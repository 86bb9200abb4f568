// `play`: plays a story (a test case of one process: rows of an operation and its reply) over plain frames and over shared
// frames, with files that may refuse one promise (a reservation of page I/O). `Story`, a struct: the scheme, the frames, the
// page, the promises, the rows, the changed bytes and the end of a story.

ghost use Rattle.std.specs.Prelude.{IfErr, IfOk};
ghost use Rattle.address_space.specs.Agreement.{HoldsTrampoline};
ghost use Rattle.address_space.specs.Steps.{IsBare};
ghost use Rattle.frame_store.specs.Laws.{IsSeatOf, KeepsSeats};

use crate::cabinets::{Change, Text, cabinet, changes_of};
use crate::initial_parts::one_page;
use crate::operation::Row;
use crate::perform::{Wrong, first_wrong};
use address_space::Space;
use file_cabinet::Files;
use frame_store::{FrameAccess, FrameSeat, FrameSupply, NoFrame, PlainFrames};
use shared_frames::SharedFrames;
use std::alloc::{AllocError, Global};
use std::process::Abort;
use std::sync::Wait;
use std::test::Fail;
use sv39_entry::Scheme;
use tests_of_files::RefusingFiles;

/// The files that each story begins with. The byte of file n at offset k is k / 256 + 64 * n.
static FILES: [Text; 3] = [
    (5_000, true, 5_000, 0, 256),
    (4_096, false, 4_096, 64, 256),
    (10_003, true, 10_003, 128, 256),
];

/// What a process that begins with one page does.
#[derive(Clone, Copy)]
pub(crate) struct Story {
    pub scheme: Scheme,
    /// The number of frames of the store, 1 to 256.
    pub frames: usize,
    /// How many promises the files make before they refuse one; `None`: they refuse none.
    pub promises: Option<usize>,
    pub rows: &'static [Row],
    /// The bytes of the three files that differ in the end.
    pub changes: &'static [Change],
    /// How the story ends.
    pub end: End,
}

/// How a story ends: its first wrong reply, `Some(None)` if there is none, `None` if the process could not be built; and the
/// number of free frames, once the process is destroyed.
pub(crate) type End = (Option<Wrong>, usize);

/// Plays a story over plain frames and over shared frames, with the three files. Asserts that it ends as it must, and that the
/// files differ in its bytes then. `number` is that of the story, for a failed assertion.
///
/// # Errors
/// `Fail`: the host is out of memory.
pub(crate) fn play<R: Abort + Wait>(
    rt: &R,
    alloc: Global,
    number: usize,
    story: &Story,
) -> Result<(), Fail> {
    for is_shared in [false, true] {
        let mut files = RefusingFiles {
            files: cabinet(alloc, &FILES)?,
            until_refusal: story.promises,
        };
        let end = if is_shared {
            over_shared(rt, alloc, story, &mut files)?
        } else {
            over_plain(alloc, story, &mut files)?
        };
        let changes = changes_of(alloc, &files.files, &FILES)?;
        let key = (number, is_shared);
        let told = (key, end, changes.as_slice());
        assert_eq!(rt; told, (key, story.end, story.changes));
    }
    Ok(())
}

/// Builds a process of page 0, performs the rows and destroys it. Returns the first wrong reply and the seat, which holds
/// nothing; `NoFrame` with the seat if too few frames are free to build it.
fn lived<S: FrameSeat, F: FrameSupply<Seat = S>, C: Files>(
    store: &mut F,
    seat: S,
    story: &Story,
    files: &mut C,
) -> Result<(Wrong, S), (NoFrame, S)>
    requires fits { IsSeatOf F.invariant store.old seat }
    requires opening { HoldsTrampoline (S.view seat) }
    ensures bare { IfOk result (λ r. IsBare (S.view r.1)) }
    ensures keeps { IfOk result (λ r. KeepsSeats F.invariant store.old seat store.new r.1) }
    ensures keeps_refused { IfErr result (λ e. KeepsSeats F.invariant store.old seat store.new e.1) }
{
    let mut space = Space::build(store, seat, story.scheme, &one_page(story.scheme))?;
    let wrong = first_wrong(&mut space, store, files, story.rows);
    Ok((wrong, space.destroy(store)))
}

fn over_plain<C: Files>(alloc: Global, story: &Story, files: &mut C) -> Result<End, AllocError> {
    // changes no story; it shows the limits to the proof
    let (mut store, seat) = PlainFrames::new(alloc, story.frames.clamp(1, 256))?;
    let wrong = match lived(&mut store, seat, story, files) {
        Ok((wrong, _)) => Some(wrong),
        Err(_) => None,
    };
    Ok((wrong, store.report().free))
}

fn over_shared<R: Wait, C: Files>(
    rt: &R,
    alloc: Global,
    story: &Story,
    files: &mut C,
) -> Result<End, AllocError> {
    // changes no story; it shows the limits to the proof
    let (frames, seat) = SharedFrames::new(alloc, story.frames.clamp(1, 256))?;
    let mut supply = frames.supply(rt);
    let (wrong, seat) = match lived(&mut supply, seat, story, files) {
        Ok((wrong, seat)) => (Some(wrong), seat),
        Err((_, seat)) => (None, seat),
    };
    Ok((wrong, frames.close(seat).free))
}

==

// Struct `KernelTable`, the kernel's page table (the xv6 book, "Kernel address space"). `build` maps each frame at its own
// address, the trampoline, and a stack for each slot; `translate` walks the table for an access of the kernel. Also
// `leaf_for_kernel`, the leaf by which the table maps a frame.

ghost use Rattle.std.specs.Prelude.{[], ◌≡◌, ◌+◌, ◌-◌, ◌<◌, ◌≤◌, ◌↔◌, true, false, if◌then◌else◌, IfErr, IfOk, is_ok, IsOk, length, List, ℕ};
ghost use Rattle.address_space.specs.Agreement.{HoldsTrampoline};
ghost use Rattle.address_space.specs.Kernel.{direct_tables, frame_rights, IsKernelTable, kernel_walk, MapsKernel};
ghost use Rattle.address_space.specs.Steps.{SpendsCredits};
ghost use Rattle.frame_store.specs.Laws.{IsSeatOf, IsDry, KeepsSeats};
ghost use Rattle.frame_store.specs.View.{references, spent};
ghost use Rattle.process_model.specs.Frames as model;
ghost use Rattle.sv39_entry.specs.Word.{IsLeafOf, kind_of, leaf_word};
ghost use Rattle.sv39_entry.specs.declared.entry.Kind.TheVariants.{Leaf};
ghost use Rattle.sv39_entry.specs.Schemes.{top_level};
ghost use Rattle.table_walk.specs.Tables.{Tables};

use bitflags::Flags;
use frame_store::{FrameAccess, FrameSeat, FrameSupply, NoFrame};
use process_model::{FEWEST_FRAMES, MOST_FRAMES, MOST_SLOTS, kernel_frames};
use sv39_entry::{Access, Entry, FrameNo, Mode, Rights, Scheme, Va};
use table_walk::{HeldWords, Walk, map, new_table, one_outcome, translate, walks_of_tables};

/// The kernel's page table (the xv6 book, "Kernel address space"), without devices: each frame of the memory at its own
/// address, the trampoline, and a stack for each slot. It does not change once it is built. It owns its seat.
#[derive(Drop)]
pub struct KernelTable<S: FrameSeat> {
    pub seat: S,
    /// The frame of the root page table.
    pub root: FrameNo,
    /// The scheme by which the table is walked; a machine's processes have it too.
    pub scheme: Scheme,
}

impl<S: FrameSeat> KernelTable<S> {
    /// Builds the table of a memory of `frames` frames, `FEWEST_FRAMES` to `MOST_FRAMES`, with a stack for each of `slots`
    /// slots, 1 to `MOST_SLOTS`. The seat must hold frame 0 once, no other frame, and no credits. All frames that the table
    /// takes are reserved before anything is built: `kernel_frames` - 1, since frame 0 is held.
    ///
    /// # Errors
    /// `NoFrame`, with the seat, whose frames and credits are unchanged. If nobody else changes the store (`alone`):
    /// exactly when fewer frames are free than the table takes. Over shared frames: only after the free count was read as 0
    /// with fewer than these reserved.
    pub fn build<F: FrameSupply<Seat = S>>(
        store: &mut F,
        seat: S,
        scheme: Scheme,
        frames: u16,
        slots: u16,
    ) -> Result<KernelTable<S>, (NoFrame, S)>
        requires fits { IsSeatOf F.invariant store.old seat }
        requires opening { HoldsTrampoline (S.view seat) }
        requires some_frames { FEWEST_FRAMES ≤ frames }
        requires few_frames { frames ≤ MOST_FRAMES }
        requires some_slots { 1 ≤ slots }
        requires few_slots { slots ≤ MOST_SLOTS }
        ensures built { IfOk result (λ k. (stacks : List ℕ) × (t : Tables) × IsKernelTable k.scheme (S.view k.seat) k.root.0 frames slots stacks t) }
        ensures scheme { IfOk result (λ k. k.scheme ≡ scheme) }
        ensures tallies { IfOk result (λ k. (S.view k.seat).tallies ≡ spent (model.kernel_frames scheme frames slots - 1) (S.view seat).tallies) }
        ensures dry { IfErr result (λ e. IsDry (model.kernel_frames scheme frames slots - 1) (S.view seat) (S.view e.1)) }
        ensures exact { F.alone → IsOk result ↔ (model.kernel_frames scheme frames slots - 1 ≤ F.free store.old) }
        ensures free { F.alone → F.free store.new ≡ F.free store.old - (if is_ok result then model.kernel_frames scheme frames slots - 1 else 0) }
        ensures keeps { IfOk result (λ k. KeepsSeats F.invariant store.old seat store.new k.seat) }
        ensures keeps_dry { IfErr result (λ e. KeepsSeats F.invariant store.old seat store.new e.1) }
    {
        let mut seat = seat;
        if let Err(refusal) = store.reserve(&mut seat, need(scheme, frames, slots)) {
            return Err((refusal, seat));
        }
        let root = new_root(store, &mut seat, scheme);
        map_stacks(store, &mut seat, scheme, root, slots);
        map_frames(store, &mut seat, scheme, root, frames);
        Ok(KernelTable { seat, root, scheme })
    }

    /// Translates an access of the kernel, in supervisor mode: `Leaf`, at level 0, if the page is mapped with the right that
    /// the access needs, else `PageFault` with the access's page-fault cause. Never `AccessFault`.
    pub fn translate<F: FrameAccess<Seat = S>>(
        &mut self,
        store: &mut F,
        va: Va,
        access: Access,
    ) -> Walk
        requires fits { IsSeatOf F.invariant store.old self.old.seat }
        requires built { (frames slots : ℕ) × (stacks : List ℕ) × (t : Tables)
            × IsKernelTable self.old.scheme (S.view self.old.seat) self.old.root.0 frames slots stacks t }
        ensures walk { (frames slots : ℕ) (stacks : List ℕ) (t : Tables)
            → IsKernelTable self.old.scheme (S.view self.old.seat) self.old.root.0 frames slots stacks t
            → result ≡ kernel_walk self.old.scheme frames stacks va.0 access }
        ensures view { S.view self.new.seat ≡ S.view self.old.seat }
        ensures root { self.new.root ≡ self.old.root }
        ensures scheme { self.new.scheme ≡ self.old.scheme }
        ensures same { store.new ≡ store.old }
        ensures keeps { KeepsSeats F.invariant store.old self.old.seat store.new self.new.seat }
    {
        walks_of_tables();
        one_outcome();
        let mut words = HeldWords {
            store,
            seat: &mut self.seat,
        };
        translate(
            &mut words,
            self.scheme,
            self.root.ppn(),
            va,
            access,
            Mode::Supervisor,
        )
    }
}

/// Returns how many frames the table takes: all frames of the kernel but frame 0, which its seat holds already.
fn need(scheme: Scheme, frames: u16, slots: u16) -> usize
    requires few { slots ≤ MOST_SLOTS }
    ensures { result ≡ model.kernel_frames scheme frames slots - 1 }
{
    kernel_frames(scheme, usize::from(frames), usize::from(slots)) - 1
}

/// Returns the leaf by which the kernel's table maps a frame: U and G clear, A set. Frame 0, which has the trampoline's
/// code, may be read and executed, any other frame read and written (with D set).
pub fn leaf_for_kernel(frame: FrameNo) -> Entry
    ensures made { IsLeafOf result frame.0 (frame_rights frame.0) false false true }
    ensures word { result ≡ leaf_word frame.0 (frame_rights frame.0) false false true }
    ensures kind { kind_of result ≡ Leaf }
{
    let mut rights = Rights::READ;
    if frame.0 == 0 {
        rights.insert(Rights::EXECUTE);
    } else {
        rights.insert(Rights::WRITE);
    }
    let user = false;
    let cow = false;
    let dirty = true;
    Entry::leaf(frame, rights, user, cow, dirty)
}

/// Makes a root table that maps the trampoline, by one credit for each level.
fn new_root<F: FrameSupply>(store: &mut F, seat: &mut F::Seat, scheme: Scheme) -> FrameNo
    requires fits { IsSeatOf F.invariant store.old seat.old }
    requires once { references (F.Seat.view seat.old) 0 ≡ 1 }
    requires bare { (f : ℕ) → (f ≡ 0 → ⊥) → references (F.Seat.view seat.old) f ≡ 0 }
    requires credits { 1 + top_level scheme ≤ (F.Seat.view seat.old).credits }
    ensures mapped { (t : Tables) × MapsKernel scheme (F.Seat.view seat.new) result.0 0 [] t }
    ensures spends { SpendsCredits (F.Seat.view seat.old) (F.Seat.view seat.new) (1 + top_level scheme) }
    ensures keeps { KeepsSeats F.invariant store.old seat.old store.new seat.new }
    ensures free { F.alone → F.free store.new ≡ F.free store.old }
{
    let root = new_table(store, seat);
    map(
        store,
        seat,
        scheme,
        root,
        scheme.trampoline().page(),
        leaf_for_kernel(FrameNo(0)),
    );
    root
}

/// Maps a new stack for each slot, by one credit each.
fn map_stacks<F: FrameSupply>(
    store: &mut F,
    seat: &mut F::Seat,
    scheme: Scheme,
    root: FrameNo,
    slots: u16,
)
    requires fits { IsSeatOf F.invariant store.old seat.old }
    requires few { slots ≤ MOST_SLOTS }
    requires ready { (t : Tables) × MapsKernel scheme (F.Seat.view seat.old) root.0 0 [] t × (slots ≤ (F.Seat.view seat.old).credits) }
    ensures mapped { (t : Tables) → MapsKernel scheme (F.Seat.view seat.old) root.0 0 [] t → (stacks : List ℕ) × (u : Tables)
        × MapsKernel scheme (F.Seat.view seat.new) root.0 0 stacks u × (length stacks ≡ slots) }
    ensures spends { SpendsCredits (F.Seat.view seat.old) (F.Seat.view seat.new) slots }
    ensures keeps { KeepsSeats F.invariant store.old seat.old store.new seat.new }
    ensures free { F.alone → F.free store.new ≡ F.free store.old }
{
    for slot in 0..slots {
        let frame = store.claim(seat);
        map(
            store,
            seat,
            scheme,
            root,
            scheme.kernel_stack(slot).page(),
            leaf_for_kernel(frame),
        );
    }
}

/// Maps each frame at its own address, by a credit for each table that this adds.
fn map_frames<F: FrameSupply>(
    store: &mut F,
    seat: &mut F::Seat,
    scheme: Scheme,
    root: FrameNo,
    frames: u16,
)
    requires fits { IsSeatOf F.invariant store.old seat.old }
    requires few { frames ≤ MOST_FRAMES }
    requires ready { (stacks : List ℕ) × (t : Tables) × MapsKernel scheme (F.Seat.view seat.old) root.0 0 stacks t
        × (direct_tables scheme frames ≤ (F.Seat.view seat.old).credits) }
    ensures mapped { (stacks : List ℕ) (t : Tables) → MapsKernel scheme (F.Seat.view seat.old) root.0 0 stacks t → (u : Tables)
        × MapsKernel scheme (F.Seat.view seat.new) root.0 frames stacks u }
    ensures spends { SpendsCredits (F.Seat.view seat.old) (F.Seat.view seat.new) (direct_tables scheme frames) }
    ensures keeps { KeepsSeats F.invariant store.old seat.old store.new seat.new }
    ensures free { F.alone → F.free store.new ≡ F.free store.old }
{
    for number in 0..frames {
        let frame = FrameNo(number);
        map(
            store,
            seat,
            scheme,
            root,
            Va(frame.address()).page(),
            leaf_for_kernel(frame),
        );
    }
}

■ **What you will do**: Among the entries above, which lines include "IsBare"? List them all.

■ **Solution**:
ghost use Rattle.address_space.specs.Steps.{IsBare};
    ensures bare { IfOk result (λ r. IsBare (S.view r.1)) }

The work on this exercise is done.